Hallow, goodbye
FITTING FINALE TO ONE OF THE BIG SCREEN’S LONGEST DEATH SENTENCES
HALLOWEEN ENDS (MA15+) Director: David Gordon Green (Our Brand Is Crisis)
Starring: Jamie Lee Curtis, Rohan Campbell, Andi Matichak, Will Patton.
All bad things must come to an end
As they say in the classics, “it ain’t over ’til it’s over”.
And if we are to take away anything from Halloween Ends, “it” will finally be “over” – once and for all – for the most iconic, star-crossed and blood-spattered couple in horror movie history.
The perpetually stressed-out and messed-up heroine of Halloween, Laurie Strode (Jamie Lee Curtis), and her stab-happy, sadsack nemesis Michael Myers have been dancing a tango of mutual torment dating all the way back to 1978.
Sure, the music often stopped for lengthy periods across the Halloween franchise’s long and twisted journey.
And yes, there were times where both had been definitively killed off, never to return.
Nevertheless, Laurie and Michael have always been made for each other, while making each other’s lives a misery.
Four decades-plus of looking over her shoulder can’t have been to the benefit of Laurie’s mental health. As for Michael, well, all that time spent under that itchylooking old mask can’t have been good for his complexion.
So, as we enter the familiarly forbidding Halloween universe and take our front-row seats for a showdown so many horror fans have been waiting for, a vague sense of sadness descends. This will be the last time these best-offrenemies will get to do what they have done so well.
Therefore the overall quality of the first two acts of Halloween Ends will be of little concern to longstanding devotees of the series.
While storytelling standards have decidedly slipped since 2018’s surprisingly strong reactivation of the franchise, they remain well above those displayed by last year’s rather dreadful Halloween Kills (an instalment most people missed due to the last of the Covid lockdowns).
All you really need to know regarding the plot of Halloween
Ends is that Laurie is almost at peace with her problematic past. Almost. Perhaps even to the point of becoming complacent about the everpersistent threat of another unannounced visit from Mr Myers.
Then again, how was Laurie to know that by finding a boyfriend for her granddaughter Allyson (Andi Matichak), she would be once again unlocking the gates of her own personal hell?
Corey (Rohan Campbell) is a nice enough lad, but there is a personality defect in his make-up that could be all that Michael needs to re-enter Laurie’s seemingly secure world.
As directed by David Gordon Green – who has been at the helm of the two previous episodes – Halloween Ends does a professional and focused job of justifying and then enacting its climactic confrontation between two veteran combatants.
While the final dramatic destination arrived at by the movie cannot be mentioned here, be assured that Halloween Ends finds a fitting full stop to complete one of cinema’s longest death sentences.
Halloween Ends is in cinemas now
THE NIGHT OF THE 12TH (MA15+) ★★★★1/2 Selected cinemas
Unpretentiously simple, straightforward and honest – but never to a fault – this excellent French crime drama is undoubtedly one of the finest movie releases of 2022.
An opening title card soberly states that in France, about 20 per cent of all murder cases will never be solved. The film then swiftly embeds its audience within an investigative unit who have just commenced work on a particularly challenging murder case in the mountain region near the city of Grenoble.
A 21-year-old woman named Clara was killed in the middle of the night while walking down a supposedly safe street after a small party with friends.
The killer has not left a single shred of evidence.

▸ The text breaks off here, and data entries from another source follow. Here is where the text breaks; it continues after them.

// The working of a coded bit in all six modes.
#![tactic(auto)]

ghost use Rattle.std.specs.Prelude.{◌≡◌, ◌<◌, ◌≤◌};
ghost use Rattle.coding.specs.Rates.{coded_length};
ghost use Rattle.workings_in.specs.Shown.{bits_in, frames_in, of_three, own_of, rate_in, worked_in, writing_in};

use coding::Rate;
use locating::Writing;
use runs::{Answer, Main, State};
use workings::Worked;

// The rate of P1, P2 and P1'.
fn rate_in(channel: u8) -> Rate
    ensures { result ≡ rate_in channel }
{
    if channel == 6 {
        return Rate::Half;
    }
    Rate::TwoFifths
}

// Their transfer frames in an L1 frame.
fn frames_in(channel: u8) -> usize
    ensures { (result ≡ frames_in channel) × (result ≤ 8) }
{
    if channel == 5 {
        return 1;
    }
    8
}

// That of three numbers which is the channel's; 0 for any other channel.
fn of_three(channel: u8, p1: usize, p2: usize, second: usize) -> usize
    ensures { result ≡ of_three channel p1 p2 second }
{
    if channel == 1 {
        return p1;
    }
    if channel == 5 {
        return p2;
    }
    if channel == 6 {
        return second;
    }
    0
}

// The bits of a transfer frame of P1, P2 or P1' in MP5 and MP6; else 0.
fn bits_in(main: Main, channel: u8) -> usize
    ensures { (result ≡ bits_in main channel) × (result ≤ 146176) }
{
    match main {
        Main::Plain => 0,
        Main::Mp5 => of_three(channel, 4608, 109312, 4608),
        Main::Mp6 => of_three(channel, 9216, 72448, 9216),
    }
}

// How Interleaver I writes a coded bit of a transfer frame of n coded bits.
fn write(main: Main, channel: u8, n: usize, frame: usize, bit: usize) -> Writing
    requires { (frame < frames_in channel) × (n ≡ coded_length (rate_in channel) (bits_in main channel)) × (bit < n) }
    ensures { result ≡ writing_in main channel frame bit }
{
    if channel == 5 {
        return locating::write_p1(finding::p1_coded(main) + bit);
    }
    if channel == 6 {
        return finding_px::write_second(finding_px::row_of(main), frame, bit);
    }
    locating::write_p1(frame * n + bit)
}

// The working of a coded bit of P1, P2 or P1' in MP5 and MP6, from transfer frames of n bits.
fn work_out(main: Main, channel: u8, n: usize, frames: &[u8], frame: usize, bit: usize) -> Worked
    requires { (n ≡ bits_in main channel) × (0 < n) }
    ensures { result ≡ own_of main channel frames.now frame bit }
{
    let count = frames_in(channel);
    if frames.len() != count * n / 8 {
        return workings::refused(Answer::WrongLength(1));
    }
    if frame >= count {
        return workings::refused(Answer::WrongLength(2));
    }
    let rate = rate_in(channel);
    let coded = workings::coded_length(rate, n);
    if bit >= coded {
        return workings::refused(Answer::WrongLength(3));
    }
    let writing = write(main, channel, coded, frame, bit);
    workings::show(rate, n, frames, frame, bit, writing)
}

// The working of a coded bit of P1 (channel 1), PIDS (2), P3 (3), P4 (4), P2 (5) or P1' (6), in any mode, of this transfer frame
// of the L1 frame that comes next. The transfer frames of P1' are its P1 frames, and it is sent three L1 frames later.
pub fn working_in(state: State, channel: u8, frames: &[u8], frame: usize, bit: usize) -> Worked
    ensures { result ≡ worked_in state channel frames.now frame bit }
{
    if !calls::is_valid(state) {
        return workings::refused(Answer::StateNotValid);
    }
    let main = modes::main_of(state.mode);
    let n = bits_in(main, channel);
    if n == 0 {
        return workings::working(
            finding_px::as_older(main, state),
            channel,
            frames,
            frame,
            bit,
        );
    }
    work_out(main, channel, n, frames, frame, bit)
}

All the detectives initially have to work with is a terribly disfigured body (the victim was set on fire), a series of messages left on a mobile phone, and enigmatic talk of a tangled love/sex life that will take some considerable time to decode. The clarity of tone, the noted absence of any exploitative storytelling agendas and a vividly natural and unforced set of performances across a brilliant cast guarantee this is a singular movie experience no viewer will be forgetting in a hurry. Highly recommended.
MEMORY (MA15+) ★★★
Now streaming on Amazon Prime Credit where credit’s due: every so often, Liam Neeson’s late-in-life quest to flood the market with pulpy tales of revenge, anger, redemption and then a little more revenge will turn up a good one. Therefore anyone with a soft spot for Neeson’s hard-nut high-jinks should be giving this new effort a go.
It is a remake of top-notch Belgian thriller The Memory of a Killer, in which a veteran assassin who is beginning to lose his memory also forgets to do the bidding of his sinister boss. Neeson stars as Alex, the hired gun with the fading recall.
Monica Bellucci is the evil crime dame who orders Alex to wipe out any trace of her connection to a sex trafficking ring.
Amid the mayhem, the alwayswelcome sight of Guy Pearce appears as an FBI agent trying to do nothing more than the right thing.